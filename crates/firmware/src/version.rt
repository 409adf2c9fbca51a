// The versions of a CSS image, of a manifest in a directory, and of the image in one.
ghost use Rattle.std.specs.Prelude.{◌≡◌, MatchResult};
ghost use Rattle.refusal.specs.Numbers.{number};
ghost use Rattle.firmware.specs.Cpd;
ghost use Rattle.firmware.specs.Inside.{manifest_name, part_named};
ghost use Rattle.firmware.specs.Version.{of_version, of_manifest, css_reading, manifest_reading, huc_reading};
ghost use Rattle.firmware.specs.Private.{manifest_in};

use crate::bytes::{dword_at, word_at};
use crate::cpd::cpd_located;
use crate::css::{Component, VERSION_AT, css_located};
use refusal::Refusal;

// 'four 16-bit numbers (major, minor, hotfix, build) at byte 36, so 44 bytes are needed'
const MAJOR_AT: usize = 36;

const MINOR_AT: usize = 38;

const HOTFIX_AT: usize = 40;

const BUILD_AT: usize = 42;

pub(crate) const MANIFEST_MIN: usize = 44;

// The version of a CSS image.
#[derive(Clone, Copy, Debug, PartialEq, Eq)]
pub struct Version {
    pub major: u8,
    pub minor: u8,
    pub patch: u8,
}

// The firmware version in a manifest.
#[derive(Clone, Copy, Debug, PartialEq, Eq)]
pub struct ManifestVersion {
    pub major: u16,
    pub minor: u16,
    pub hotfix: u16,
    pub build: u16,
}

// The version of a CSS image.
pub fn css_version(blob: &[u8]) -> Result<Version, Refusal>
    ensures { of_version result ≡ css_reading blob.now }
{
    css_located(blob, Component::Ucode)?;
    let v = dword_at(blob, VERSION_AT);
    Ok(Version {
        major: (v / 0x1_0000 % 0x100) as u8,
        minor: (v / 0x100 % 0x100) as u8,
        patch: (v % 0x100) as u8,
    })
}

// The version in a manifest.
fn version_in(m: &[u8]) -> Result<ManifestVersion, Refusal>
    ensures { of_manifest result ≡ manifest_in m.now }
{
    if m.len() < MANIFEST_MIN {
        return Err(Refusal::ShortBlob);
    }
    Ok(ManifestVersion {
        major: word_at(m, MAJOR_AT),
        minor: word_at(m, MINOR_AT),
        hotfix: word_at(m, HOTFIX_AT),
        build: word_at(m, BUILD_AT),
    })
}

// The bytes of the part `HUCP.man` of a directory.
fn manifest(blob: &[u8]) -> Result<&[u8], Refusal>
    ensures { MatchResult result
        (λ m. (Cpd.number blob.now manifest_name ≡ 0) × (m.now ≡ part_named blob.now manifest_name))
        (λ r. Cpd.number blob.now manifest_name ≡ number r) }
{
    let f = cpd_located(blob, b"HUCP.man")?;
    Ok(f.part_of(blob))
}

// The firmware version in it.
#[tactic(auto, using(crate::proofs::Manifest::refused_reading, crate::proofs::Manifest::found_reading))]
pub fn manifest_version(blob: &[u8]) -> Result<ManifestVersion, Refusal>
    ensures { of_manifest result ≡ manifest_reading blob.now }
{
    version_in(manifest(blob)?)
}

// The version of the image in the part `huc_fw` of a directory.
pub fn huc_version(blob: &[u8]) -> Result<Version, Refusal>
    ensures { of_version result ≡ huc_reading blob.now }
{
    let f = cpd_located(blob, b"huc_fw")?;
    css_version(f.part_of(blob))
}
+ + + + +
### WORK INSTRUCTIONS
Each record above has to be printed again, word for word.

### RESPONSE AREA
filename crates/firmware/src/version.rt
repository 409adf2c9fbca51a
// The versions of a CSS image, of a manifest in a directory, and of the image in one.
ghost use Rattle.std.specs.Prelude.{◌≡◌, MatchResult};
ghost use Rattle.refusal.specs.Numbers.{number};
ghost use Rattle.firmware.specs.Cpd;
ghost use Rattle.firmware.specs.Inside.{manifest_name, part_named};
ghost use Rattle.firmware.specs.Version.{of_version, of_manifest, css_reading, manifest_reading, huc_reading};
ghost use Rattle.firmware.specs.Private.{manifest_in};

use crate::bytes::{dword_at, word_at};
use crate::cpd::cpd_located;
use crate::css::{Component, VERSION_AT, css_located};
use refusal::Refusal;

// 'four 16-bit numbers (major, minor, hotfix, build) at byte 36, so 44 bytes are needed'
const MAJOR_AT: usize = 36;

const MINOR_AT: usize = 38;

const HOTFIX_AT: usize = 40;

const BUILD_AT: usize = 42;

pub(crate) const MANIFEST_MIN: usize = 44;

// The version of a CSS image.
#[derive(Clone, Copy, Debug, PartialEq, Eq)]
pub struct Version {
    pub major: u8,
    pub minor: u8,
    pub patch: u8,
}

// The firmware version in a manifest.
#[derive(Clone, Copy, Debug, PartialEq, Eq)]
pub struct ManifestVersion {
    pub major: u16,
    pub minor: u16,
    pub hotfix: u16,
    pub build: u16,
}

// The version of a CSS image.
pub fn css_version(blob: &[u8]) -> Result<Version, Refusal>
    ensures { of_version result ≡ css_reading blob.now }
{
    css_located(blob, Component::Ucode)?;
    let v = dword_at(blob, VERSION_AT);
    Ok(Version {
        major: (v / 0x1_0000 % 0x100) as u8,
        minor: (v / 0x100 % 0x100) as u8,
        patch: (v % 0x100) as u8,
    })
}

// The version in a manifest.
fn version_in(m: &[u8]) -> Result<ManifestVersion, Refusal>
    ensures { of_manifest result ≡ manifest_in m.now }
{
    if m.len() < MANIFEST_MIN {
        return Err(Refusal::ShortBlob);
    }
    Ok(ManifestVersion {
        major: word_at(m, MAJOR_AT),
        minor: word_at(m, MINOR_AT),
        hotfix: word_at(m, HOTFIX_AT),
        build: word_at(m, BUILD_AT),
    })
}

// The bytes of the part `HUCP.man` of a directory.
fn manifest(blob: &[u8]) -> Result<&[u8], Refusal>
    ensures { MatchResult result
        (λ m. (Cpd.number blob.now manifest_name ≡ 0) × (m.now ≡ part_named blob.now manifest_name))
        (λ r. Cpd.number blob.now manifest_name ≡ number r) }
{
    let f = cpd_located(blob, b"HUCP.man")?;
    Ok(f.part_of(blob))
}

// The firmware version in it.
#[tactic(auto, using(crate::proofs::Manifest::refused_reading, crate::proofs::Manifest::found_reading))]
pub fn manifest_version(blob: &[u8]) -> Result<ManifestVersion, Refusal>
    ensures { of_manifest result ≡ manifest_reading blob.now }
{
    version_in(manifest(blob)?)
}

// The version of the image in the part `huc_fw` of a directory.
pub fn huc_version(blob: &[u8]) -> Result<Version, Refusal>
    ensures { of_version result ≡ huc_reading blob.now }
{
    let f = cpd_located(blob, b"huc_fw")?;
    css_version(f.part_of(blob))
}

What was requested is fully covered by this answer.